Constanze Petrow, Professorin an der Hochschule Geisenheim, pochte auf einen Umbau der Stadt mit Blick auf das veränderte Klima. Kühlung und Systeme zur Abpufferung von großen Regenmengen seien nötig. "Wenn das nicht funktioniert, dann brauchen wir auch keine neuen Wohnungen mehr, weil Frankfurt dann nicht mehr lebenswert ist", sagte Petrow. Von einer Gruppe Aktivisten, die sich für den Erhalt der Kleingärten am Günthersburgpark einsetzen, bekam sie dafür lauten Beifall. Allerdings ging die Professorin auf Distanz zu der Gruppe: Nach ihrer Meinung werde in der Diskussion um das Areal der Naturschutz oft vorgeschoben, um Einzelinteressen der Gartennutzer zu verfolgen.

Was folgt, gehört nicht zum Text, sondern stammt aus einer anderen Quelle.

//! How a walker takes headers.
ghost use Rattle.std.specs.Prelude.{◌≡◌, ◌≢◌, ◌+◌, ◌^◌, ◌<◌, ◌≤◌, [], IsTrue, Some, length, true};
ghost use Rattle.tlv_head.specs.Limits.{depth_limit, input_limit};
ghost use Rattle.tlv_head.specs.HeaderFields.{IsHeaderSized, new_header};
ghost use Rattle.tlv_head.specs.Header.{announced_length, holds, octets_of};
ghost use Rattle.tlv_walk.specs.WalkerState.{Between};
ghost use Rattle.tlv_walk.specs.Walker.{IsWithinInputLimit};
ghost use Rattle.tlv_walk.specs.Events.{IsNoEmptyPart, event_value_of};
ghost use Rattle.tlv_walk.specs.Private.WalkerCalls.{CanTakeHeader, CanRead, CanReadOn, CountsStep};
ghost use Rattle.tlv_walk.specs.Private.WalkerCalls.{TakesHeader, CountsAt};
ghost use Rattle.tlv_walk.specs.Private.WrapperCount.{next_wrapper_count};
ghost use Rattle.tlv_walk.specs.Private.HandsOver.{YieldsFrom, YieldsHeader};
ghost use Rattle.tlv_walk.specs.Stack.{bound_of};
ghost use Rattle.tlv_walk.specs.Stack.{IsWithin};
ghost use Rattle.tlv_walk.specs.Private.Yields.{Steps};

use super::{Phase, Walker};
use crate::stack::room_to;
use crate::{Event, Step};
use std::mem::replace;
use tlv_head::{Head, HeadReader, Header, HeaderFields, Size, universal};

/// What a header begins.
#[derive(Clone, Copy)]
pub(super) enum HeaderKind {
    /// A constructed element.
    Constructed,
    /// A string that holds encodings.
    Wrapper,
    /// Another primitive.
    Primitive,
}

impl Walker<'_> {
    /// Begins or continues a header, octet by octet.
    pub(super) fn header<'a>(&mut self, piece: &mut &'a [u8]) -> Step<'a>
        requires can { CanRead self.old piece.old.now }
        requires limit { IsWithinInputLimit self.old piece.old.now }
        ensures { Steps self.old self.new piece.old.now piece.new.now result }
    {
        if matches!(self.phase, Phase::InHeader) {
            let reader = replace(&mut self.reader, HeadReader::new(0, false));
            self.phase = Phase::Between;
            return self.read_on(reader, piece);
        }
        let named = self.cursor.is_at(self.inside, self.offset);
        self.has_element = true;
        self.read_on(HeadReader::new(self.offset, named), piece)
    }

    /// Continues a header, octet by octet.
    fn read_on<'a>(&mut self, reader: HeadReader, piece: &mut &'a [u8]) -> Step<'a>
        requires phase { self.old.phase ≡ Between }
        requires can { CanReadOn self.old reader piece.old.now }
        requires some { piece.old.now ≢ [] }
        requires limit { IsWithinInputLimit self.old piece.old.now }
        ensures counts { CountsStep self.old self.new piece.old.now piece.new.now result }
        ensures yields { YieldsFrom self.old reader self.new piece.old.now piece.new.now result }
    {
        let mut reader = reader;
        let depth = self.stack.len();
        let bound = self.stack.bound();
        let mut offset = self.offset;
        while let [octet, rest @ ..] = *piece {
            match reader.push(*octet, room_to(bound, offset), depth) {
                Head::More => {
                    *piece = rest;
                    offset += 1;
                }
                Head::Whole(header) => {
                    *piece = rest;
                    return Step::Event(self.take_whole_header(header));
                }
                Head::Refused(fault) => {
                    self.offset = offset;
                    self.phase = Phase::Refused(fault);
                    return Step::Fault(fault);
                }
            }
        }
        self.offset = offset;
        self.reader = reader;
        self.phase = Phase::InHeader;
        Step::NeedMore
    }

    /// Takes a header that the reader has read to its end, and returns its event.
    fn take_whole_header<'a>(&mut self, header: Header) -> Event<'a>
        requires phase { self.old.phase ≡ Between }
        requires can { CanTakeHeader self.old header }
        ensures counts { CountsAt self.old self.new (header.offset + length (octets_of header)) }
        ensures yields { YieldsHeader self.old self.new header (event_value_of result) }
        ensures has_octets { IsNoEmptyPart result }
    {
        let fields = header.fields();
        match self.take_header(&fields, header.raw()) {
            HeaderKind::Constructed => Event::Open(header),
            HeaderKind::Wrapper => Event::Enter(header),
            HeaderKind::Primitive => Event::Begin(header),
        }
    }

    /// Takes a header that is allowed here: counts its octets and the event, and opens a frame if its element holds
    /// others.
    #[inline(always)]
    pub(super) fn take_header(&mut self, fields: &HeaderFields, octets: &[u8]) -> HeaderKind
        requires phase { self.old.phase ≡ Between }
        requires sized { IsHeaderSized fields.now octets.now }
        requires can { CanTakeHeader self.old (new_header fields.now octets.now) }
        ensures counts { CountsAt self.old self.new (fields.now.offset + length octets.now) }
        ensures takes { TakesHeader self.old self.new fields.now
            (fields.now.offset + length octets.now) result }
    {
        self.offset = fields.offset + octets.len() as u64;
        self.events += 1;
        self.has_element = true;
        let (end, length) = match fields.size {
            Size::Definite(length) => (Some(self.offset + length), length),
            Size::Indefinite => (None, 0),
        };
        if !fields.constructed && !fields.wraps() {
            self.phase = Phase::InPrimitive(length);
            return HeaderKind::Primitive;
        }
        self.stack.push(end, !fields.constructed);
        if fields.constructed {
            return HeaderKind::Constructed;
        }
        self.found_wrapper(fields.offset);
        if fields.number == universal::BIT_STRING {
            self.phase = Phase::InBitString;
        }
        HeaderKind::Wrapper
    }

    /// Counts a string that holds encodings, if its offset is the first named offset not counted yet. Strings come in
    /// the order of their offsets, so an offset that is skipped stays unused.
    #[tactic(auto, using(std::proofs::lemmas::Option::slice_get_within))]
    fn found_wrapper(&mut self, offset: u64)
        ensures { self.new
            ≡ record self.old {
              wrapper_count = next_wrapper_count
                  self.old.framing.inside self.old.wrapper_count offset;
            } }
    {
        if self.unused() == Some(offset) {
            self.wrapper_count += 1;
        }
        // The short way, which most elements take, also elements inside the string, does not move the cursor.
        self.cursor.move_to(self.inside, self.offset);
    }

    /// Returns `true` only if an element with this header is allowed here: it is not too deep, and its contents end
    /// within the bound.
    #[inline(always)]
    pub(super) fn fits_there(&self, fields: &HeaderFields, octets: &[u8]) -> bool
        requires offset { fields.now.offset ≡ self.now.offset }
        requires limit { fields.now.offset + length octets.now ≤ input_limit }
        requires length { announced_length fields.now.size < 2 ^ 40 }
        ensures shallow { IsTrue result → holds (new_header fields.now octets.now) ≡ true
            → length self.now.stack < depth_limit }
        ensures fits { IsTrue result → IsWithin (bound_of self.now.stack)
            (fields.now.offset + length octets.now + announced_length fields.now.size) }
    {
        if self.stack.len() >= 128 && (fields.constructed || fields.wraps()) {
            return false;
        }
        self.stack.is_within(self.offset + octets.len() as u64 + fields.size.announced_length())
    }
}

Josef will den Wertzuwachs abschöpfen

Die wirtschaftliche Seite der Stadtplanung blieb während des Bürgerforums weitgehend ausgeblendet. Nur Josef betonte, dass er nach dem Vorbild Münchens eine Abschöpfung von Wertsteigerungen erreichen will, die Flächen durch die Überplanung als Bauland erfahren. "Ein Drittel für den Eigentümer, zwei Drittel für die Allgemeinheit, die die Wertsteigerung durch das Schaffen von Planungsrecht überhaupt erst ermöglicht", nannte Josef sein Ziel. Was Eigentümer und Projektentwickler davon halten, blieb an diesem Abend ungesagt.